Work to be completed
What lines in the material hold the string "impl"? Copy out each of them.

*** Data for processing ***

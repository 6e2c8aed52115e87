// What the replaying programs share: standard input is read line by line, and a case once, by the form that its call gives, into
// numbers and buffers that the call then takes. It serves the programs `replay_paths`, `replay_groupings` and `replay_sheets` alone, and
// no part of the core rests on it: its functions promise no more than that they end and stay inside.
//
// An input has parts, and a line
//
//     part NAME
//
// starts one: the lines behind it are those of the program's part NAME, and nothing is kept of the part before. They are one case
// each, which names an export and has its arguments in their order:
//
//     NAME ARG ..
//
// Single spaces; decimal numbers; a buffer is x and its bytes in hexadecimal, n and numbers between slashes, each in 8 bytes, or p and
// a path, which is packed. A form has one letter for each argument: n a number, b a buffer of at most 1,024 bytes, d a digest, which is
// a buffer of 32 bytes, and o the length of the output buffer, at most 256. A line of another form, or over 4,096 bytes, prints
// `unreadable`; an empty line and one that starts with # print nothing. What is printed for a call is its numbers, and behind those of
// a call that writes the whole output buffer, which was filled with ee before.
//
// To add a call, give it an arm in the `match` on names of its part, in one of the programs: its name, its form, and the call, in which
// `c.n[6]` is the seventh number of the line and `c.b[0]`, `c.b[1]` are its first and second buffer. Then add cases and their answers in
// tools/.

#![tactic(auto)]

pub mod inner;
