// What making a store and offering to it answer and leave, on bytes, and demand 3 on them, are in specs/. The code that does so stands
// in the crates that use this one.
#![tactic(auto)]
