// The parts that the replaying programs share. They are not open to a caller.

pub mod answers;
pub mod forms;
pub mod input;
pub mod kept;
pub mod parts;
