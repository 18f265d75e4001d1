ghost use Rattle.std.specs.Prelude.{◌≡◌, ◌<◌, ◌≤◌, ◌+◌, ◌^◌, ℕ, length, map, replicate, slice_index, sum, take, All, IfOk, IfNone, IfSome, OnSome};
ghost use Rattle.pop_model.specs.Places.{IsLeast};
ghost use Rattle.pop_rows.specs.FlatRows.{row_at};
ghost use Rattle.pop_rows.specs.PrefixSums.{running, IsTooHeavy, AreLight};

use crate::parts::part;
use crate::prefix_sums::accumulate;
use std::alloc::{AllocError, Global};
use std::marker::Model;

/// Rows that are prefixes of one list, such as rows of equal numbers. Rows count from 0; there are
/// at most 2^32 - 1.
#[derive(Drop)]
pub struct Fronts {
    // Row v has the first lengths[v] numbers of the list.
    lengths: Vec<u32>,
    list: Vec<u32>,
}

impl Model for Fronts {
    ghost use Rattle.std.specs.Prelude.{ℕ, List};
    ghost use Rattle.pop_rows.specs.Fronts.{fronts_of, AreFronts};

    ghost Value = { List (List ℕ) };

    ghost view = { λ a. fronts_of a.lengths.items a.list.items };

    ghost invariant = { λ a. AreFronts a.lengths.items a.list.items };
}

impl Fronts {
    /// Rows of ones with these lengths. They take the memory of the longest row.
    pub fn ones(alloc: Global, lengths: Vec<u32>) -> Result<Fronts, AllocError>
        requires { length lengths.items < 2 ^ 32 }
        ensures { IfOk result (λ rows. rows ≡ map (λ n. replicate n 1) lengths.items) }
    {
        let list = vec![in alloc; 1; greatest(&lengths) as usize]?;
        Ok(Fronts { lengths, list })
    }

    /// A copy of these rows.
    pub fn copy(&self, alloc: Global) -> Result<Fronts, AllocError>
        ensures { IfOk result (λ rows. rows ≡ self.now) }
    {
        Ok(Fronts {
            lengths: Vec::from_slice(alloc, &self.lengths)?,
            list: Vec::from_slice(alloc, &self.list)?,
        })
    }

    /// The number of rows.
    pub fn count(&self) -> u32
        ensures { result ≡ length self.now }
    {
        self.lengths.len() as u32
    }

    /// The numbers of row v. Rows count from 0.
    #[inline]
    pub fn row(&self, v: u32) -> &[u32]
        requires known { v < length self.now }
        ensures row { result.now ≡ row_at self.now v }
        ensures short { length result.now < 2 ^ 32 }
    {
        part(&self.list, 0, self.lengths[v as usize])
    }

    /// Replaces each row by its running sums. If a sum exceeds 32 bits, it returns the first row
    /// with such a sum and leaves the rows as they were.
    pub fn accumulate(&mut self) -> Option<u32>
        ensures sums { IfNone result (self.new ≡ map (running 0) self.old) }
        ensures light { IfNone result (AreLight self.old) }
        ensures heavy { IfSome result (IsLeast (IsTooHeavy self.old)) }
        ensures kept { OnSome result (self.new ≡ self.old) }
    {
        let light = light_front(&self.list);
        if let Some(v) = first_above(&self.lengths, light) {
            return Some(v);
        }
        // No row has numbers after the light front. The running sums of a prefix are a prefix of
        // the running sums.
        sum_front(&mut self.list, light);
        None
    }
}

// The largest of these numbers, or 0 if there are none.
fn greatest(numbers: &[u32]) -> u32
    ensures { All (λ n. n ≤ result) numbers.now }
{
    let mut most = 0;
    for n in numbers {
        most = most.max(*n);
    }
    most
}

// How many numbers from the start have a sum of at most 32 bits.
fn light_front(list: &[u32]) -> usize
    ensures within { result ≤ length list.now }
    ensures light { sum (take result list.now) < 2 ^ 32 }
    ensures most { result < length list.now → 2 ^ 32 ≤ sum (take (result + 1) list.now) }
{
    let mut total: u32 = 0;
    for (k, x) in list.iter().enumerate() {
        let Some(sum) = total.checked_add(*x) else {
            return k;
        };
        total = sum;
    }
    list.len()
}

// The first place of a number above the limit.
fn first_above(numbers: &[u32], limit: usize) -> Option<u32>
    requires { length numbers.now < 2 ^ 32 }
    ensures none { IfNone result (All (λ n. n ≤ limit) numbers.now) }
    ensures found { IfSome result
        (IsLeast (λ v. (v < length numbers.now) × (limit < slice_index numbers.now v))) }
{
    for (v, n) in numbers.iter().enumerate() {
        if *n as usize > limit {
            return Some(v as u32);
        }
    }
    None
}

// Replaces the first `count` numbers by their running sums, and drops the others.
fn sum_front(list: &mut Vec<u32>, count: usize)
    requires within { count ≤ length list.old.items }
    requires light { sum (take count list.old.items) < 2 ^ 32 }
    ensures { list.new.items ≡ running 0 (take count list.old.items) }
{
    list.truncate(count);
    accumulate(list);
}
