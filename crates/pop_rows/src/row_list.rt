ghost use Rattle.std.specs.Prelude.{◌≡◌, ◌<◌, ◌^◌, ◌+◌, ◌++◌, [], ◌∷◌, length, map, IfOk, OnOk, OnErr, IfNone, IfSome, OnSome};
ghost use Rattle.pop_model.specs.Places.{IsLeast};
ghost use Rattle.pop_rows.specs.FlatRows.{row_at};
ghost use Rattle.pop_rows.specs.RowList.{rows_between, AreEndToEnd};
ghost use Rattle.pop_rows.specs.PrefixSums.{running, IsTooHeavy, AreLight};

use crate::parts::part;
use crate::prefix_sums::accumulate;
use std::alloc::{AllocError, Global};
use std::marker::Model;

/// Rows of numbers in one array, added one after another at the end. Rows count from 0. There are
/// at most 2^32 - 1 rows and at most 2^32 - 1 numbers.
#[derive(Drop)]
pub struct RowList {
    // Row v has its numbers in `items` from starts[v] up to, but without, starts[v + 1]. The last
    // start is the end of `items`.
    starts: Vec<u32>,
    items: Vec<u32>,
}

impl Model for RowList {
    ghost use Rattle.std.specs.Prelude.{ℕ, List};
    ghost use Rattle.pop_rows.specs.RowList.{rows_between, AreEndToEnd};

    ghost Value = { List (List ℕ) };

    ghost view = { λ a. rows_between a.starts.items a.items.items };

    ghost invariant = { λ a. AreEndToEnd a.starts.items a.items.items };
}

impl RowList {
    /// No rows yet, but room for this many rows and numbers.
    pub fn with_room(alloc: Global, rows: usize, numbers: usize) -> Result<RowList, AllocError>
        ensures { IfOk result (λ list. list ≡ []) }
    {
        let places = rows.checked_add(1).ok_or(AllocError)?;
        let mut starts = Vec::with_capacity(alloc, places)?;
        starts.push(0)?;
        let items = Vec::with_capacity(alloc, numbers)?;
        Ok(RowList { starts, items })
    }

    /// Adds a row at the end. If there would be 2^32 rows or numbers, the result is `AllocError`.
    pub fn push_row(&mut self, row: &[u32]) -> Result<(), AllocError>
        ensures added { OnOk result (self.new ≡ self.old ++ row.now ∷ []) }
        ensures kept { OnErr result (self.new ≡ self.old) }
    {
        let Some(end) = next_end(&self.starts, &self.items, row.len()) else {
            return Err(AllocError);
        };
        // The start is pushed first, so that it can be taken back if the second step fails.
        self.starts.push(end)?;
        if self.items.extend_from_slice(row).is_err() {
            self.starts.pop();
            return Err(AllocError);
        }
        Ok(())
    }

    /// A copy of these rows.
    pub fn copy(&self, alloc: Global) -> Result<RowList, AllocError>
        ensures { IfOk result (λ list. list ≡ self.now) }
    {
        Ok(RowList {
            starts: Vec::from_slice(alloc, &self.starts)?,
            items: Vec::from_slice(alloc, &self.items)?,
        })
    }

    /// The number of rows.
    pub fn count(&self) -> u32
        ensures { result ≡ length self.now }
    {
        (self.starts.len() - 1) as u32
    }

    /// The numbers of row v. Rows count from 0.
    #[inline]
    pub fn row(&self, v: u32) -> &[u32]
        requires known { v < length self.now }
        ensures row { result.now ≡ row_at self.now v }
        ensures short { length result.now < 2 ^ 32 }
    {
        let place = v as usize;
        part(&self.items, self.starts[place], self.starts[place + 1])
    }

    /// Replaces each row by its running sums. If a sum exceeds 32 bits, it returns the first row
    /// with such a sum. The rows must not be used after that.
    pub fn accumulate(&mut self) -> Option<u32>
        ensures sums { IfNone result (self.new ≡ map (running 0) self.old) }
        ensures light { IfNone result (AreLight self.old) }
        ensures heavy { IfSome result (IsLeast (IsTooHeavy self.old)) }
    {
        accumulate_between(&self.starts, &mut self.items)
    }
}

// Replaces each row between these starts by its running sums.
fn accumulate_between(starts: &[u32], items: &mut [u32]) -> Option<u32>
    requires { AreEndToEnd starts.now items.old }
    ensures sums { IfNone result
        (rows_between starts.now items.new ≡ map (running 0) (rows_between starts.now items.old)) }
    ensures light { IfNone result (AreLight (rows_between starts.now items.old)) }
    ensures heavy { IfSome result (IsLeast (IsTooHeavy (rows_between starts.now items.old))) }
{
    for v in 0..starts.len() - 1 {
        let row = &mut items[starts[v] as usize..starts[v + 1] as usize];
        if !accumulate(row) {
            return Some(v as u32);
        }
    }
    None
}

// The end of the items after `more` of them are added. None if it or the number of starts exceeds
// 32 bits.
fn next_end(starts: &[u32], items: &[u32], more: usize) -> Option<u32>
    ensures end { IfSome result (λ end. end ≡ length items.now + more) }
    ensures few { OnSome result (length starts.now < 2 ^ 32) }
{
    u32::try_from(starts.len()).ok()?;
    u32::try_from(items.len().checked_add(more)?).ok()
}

*** End of Data for processing ***

Answer area
impl Model for Fronts {
impl Fronts {
impl Model for RowList {
impl RowList {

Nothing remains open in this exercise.